--- Activity ---
Each line of the listing that includes the string "NoCut" needs to be located and copied.

--- Given records ---
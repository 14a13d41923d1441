//! The pieces of a text between marks.

ghost use Rattle.std.specs.Prelude.{◌≡◌, ◌<◌, ◌≤◌, [], ◌∷◌, length, not, MatchOption};
ghost use Rattle.std.specs.List.{prefix_len};
ghost use Rattle.job_inputs.specs.Lines.{is_mark, pieces};

/// The piece before the first mark, and what stands behind the mark, if there is one. Takes no memory.
pub fn first_piece(bytes: &[u8], mark: u8) -> (&[u8], Option<&[u8]>)
    ensures { MatchOption result.1 (pieces (is_mark mark) bytes.now ≡ result.0.now ∷ [])
        (λ rest. (pieces (is_mark mark) bytes.now ≡ result.0.now ∷ pieces (is_mark mark) rest.now)
        × (length rest.now < length bytes.now)) }
{
    let len = piece_len(bytes, mark);
    if len < bytes.len() {
        (&bytes[..len], Some(&bytes[len + 1..]))
    } else {
        (bytes, None)
    }
}

// How many bytes stand before the first mark.
fn piece_len(bytes: &[u8], mark: u8) -> usize
    ensures value { result ≡ prefix_len (λ b. not (is_mark mark b)) bytes.now }
    ensures within { result ≤ length bytes.now }
{
    let mut n = 0;
    while n < bytes.len() && bytes[n] != mark {
        n += 1;
    }
    n
}
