//! Why a job is refused, and the line that says so.

ghost use Rattle.std.specs.Prelude.{◌≡◌, ◌++◌, codes, decimal};
ghost use Rattle.ar_base.specs.Texts.{line};
ghost use Rattle.ar_io.specs.Handing.{Writes};
ghost use Rattle.job_stages.specs.Refusals.{count_text, place_text, line_of, status_of};

use crate::status::Status;
use ar_base::{Count, Place, Text};
use ar_io::{Sink, SinkFailed, write_number, write_text};

/// A file of a job.
#[derive(Clone, Copy)]
pub enum FileKind {
    /// The model.
    Model,
    /// The script.
    Script,
}

/// Why a job is refused.
#[derive(Drop)]
pub enum Refusal {
    /// The words are no job.
    Usage,
    /// The file was not read.
    NotRead(FileKind),
    /// The count passes its limit.
    Size(Count),
    /// The model has no reading, as shows at the place.
    Syntax(Place),
    /// The model breaks the rule of this number at the place.
    Rule(u8, Place),
    /// The line of the script, from 1, is no command.
    NoCommand(u32),
    /// The line of the list, from 1, is no cut.
    NoCut(u32),
    /// The line of the script or the list, from 1, names an event with several ways and not which.
    NeedsWay(u32),
    /// The line of the script or the list, from 1, names no event.
    NoEvent(u32),
    /// A part of the list of dropped events names no event.
    NoDropped,
    /// The path names no observer.
    NoObserver,
    /// The word is no value of the observer's type, or is missing where it is not Boolean.
    NoValue,
    /// The system breaks the rule of this number of the static fragment, as the thing of this path shows.
    Outside(u8, Text),
}

// The usage line.
const USAGE: &str =
    "usage: altarica COMMAND FILES [--main B] [--observer O] [--value V] [--nodes N] [--drop EVENTS]\n";

impl Refusal {
    /// The status with which the refusal ends a job.
    pub fn status(&self) -> Status
        ensures { result ≡ status_of self.now }
    {
        match self {
            Refusal::Usage => Status::Usage,
            Refusal::NotRead(_) => Status::Read,
            Refusal::Size(_) => Status::Size,
            Refusal::Syntax(_) => Status::Syntax,
            Refusal::Rule(_, _) => Status::Rule,
            Refusal::NoCommand(_) | Refusal::NoCut(_) => Status::Script,
            Refusal::NeedsWay(_) | Refusal::NoEvent(_) => Status::Script,
            Refusal::NoDropped | Refusal::NoObserver | Refusal::NoValue => Status::Script,
            Refusal::Outside(_, _) => Status::Outside,
        }
    }

    /// Writes the line that tells it. Takes no memory.
    pub fn put<K: Sink>(&self, out: &mut K) -> Result<(), SinkFailed>
        ensures { Writes (K.state out.old) (K.state out.new) (line_of self.now) result }
    {
        match self {
            Refusal::Usage => write_text(out, USAGE),
            Refusal::NotRead(kind) => write_text(out, not_read_line(*kind)),
            Refusal::Size(count) => put_size(out, *count),
            Refusal::Syntax(place) => put_syntax(out, *place),
            Refusal::Rule(rule, place) => put_rule(out, *rule, *place),
            Refusal::NoCommand(number) => put_script_line(out, *number, " is no command"),
            Refusal::NoCut(number) => put_script_line(out, *number, " is no cut"),
            Refusal::NeedsWay(number) => put_script_line(out, *number, " needs a way"),
            Refusal::NoEvent(number) => put_script_line(out, *number, " names no event"),
            Refusal::NoDropped => write_text(out, "script: no event\n"),
            Refusal::NoObserver => write_text(out, "script: no observer\n"),
            Refusal::NoValue => write_text(out, "script: no value\n"),
            Refusal::Outside(rule, path) => put_outside(out, *rule, path.as_str()),
        }
    }
}

// The line of a file that was not read.
fn not_read_line(kind: FileKind) -> &'static str
    ensures { result.now ≡ line_of (Refusal.NotRead kind) }
{
    match kind {
        FileKind::Model => "read: model\n",
        FileKind::Script => "read: script\n",
    }
}

// Writes a place, and the end of the line.
fn put_place<K: Sink>(out: &mut K, place: Place) -> Result<(), SinkFailed>
    ensures { Writes (K.state out.old) (K.state out.new) (line (place_text place)) result }
{
    write_number(out, place.line)?;
    write_text(out, ":")?;
    write_number(out, place.column)?;
    write_text(out, "\n")
}

// What is counted, as a line names it.
fn count_text(count: Count) -> &'static str
    ensures { result.now ≡ count_text count }
{
    match count {
        Count::ModelBytes => "model bytes",
        Count::ScriptBytes => "script bytes",
        Count::Nesting => "nesting",
        Count::Depth => "depth",
        Count::Units => "units",
        Count::Variables => "variables",
        Count::Events => "events",
        Count::TreeNodes => "tree nodes",
        Count::Ways => "ways",
        Count::WayParts => "way parts",
        Count::ExpressionNodes => "expression nodes",
        Count::Gates => "gates",
        Count::CutLines => "cut lines",
    }
}

// Writes that a count passes its limit.
fn put_size<K: Sink>(out: &mut K, count: Count) -> Result<(), SinkFailed>
    ensures { Writes (K.state out.old) (K.state out.new) (line_of (Refusal.Size count)) result }
{
    write_text(out, "size: ")?;
    write_text(out, count_text(count))?;
    write_text(out, " ")?;
    write_number(out, count.limit())?;
    write_text(out, "\n")
}

// Writes where the model has no reading.
fn put_syntax<K: Sink>(out: &mut K, place: Place) -> Result<(), SinkFailed>
    ensures { Writes (K.state out.old) (K.state out.new) (line_of (Refusal.Syntax place)) result }
{
    write_text(out, "syntax: ")?;
    put_place(out, place)
}

// Writes that the model breaks a rule.
fn put_rule<K: Sink>(out: &mut K, rule: u8, place: Place) -> Result<(), SinkFailed>
    ensures { Writes (K.state out.old) (K.state out.new)
        (line_of (Refusal.Rule rule place)) result }
{
    write_text(out, "rule: L")?;
    write_number(out, u32::from(rule))?;
    write_text(out, " at ")?;
    put_place(out, place)
}

// Writes that the system breaks a rule of the static fragment.
fn put_outside<K: Sink>(out: &mut K, rule: u8, path: &str) -> Result<(), SinkFailed>
    ensures { Writes (K.state out.old) (K.state out.new)
        (line_of (Refusal.Outside rule path.now)) result }
{
    write_text(out, "outside: S")?;
    write_number(out, u32::from(rule))?;
    write_text(out, " at ")?;
    write_text(out, path)?;
    write_text(out, "\n")
}

// Writes what is wrong with a line of the script.
fn put_script_line<K: Sink>(out: &mut K, number: u32, wrong: &str) -> Result<(), SinkFailed>
    ensures { Writes (K.state out.old) (K.state out.new)
        (line (codes "script: line " ++ (decimal number ++ wrong.now))) result }
{
    write_text(out, "script: line ")?;
    write_number(out, number)?;
    write_text(out, wrong)?;
    write_text(out, "\n")
}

--- Exercise solution ---
    NoCut(u32),
            Refusal::NoCommand(_) | Refusal::NoCut(_) => Status::Script,
            Refusal::NoCut(number) => put_script_line(out, *number, " is no cut"),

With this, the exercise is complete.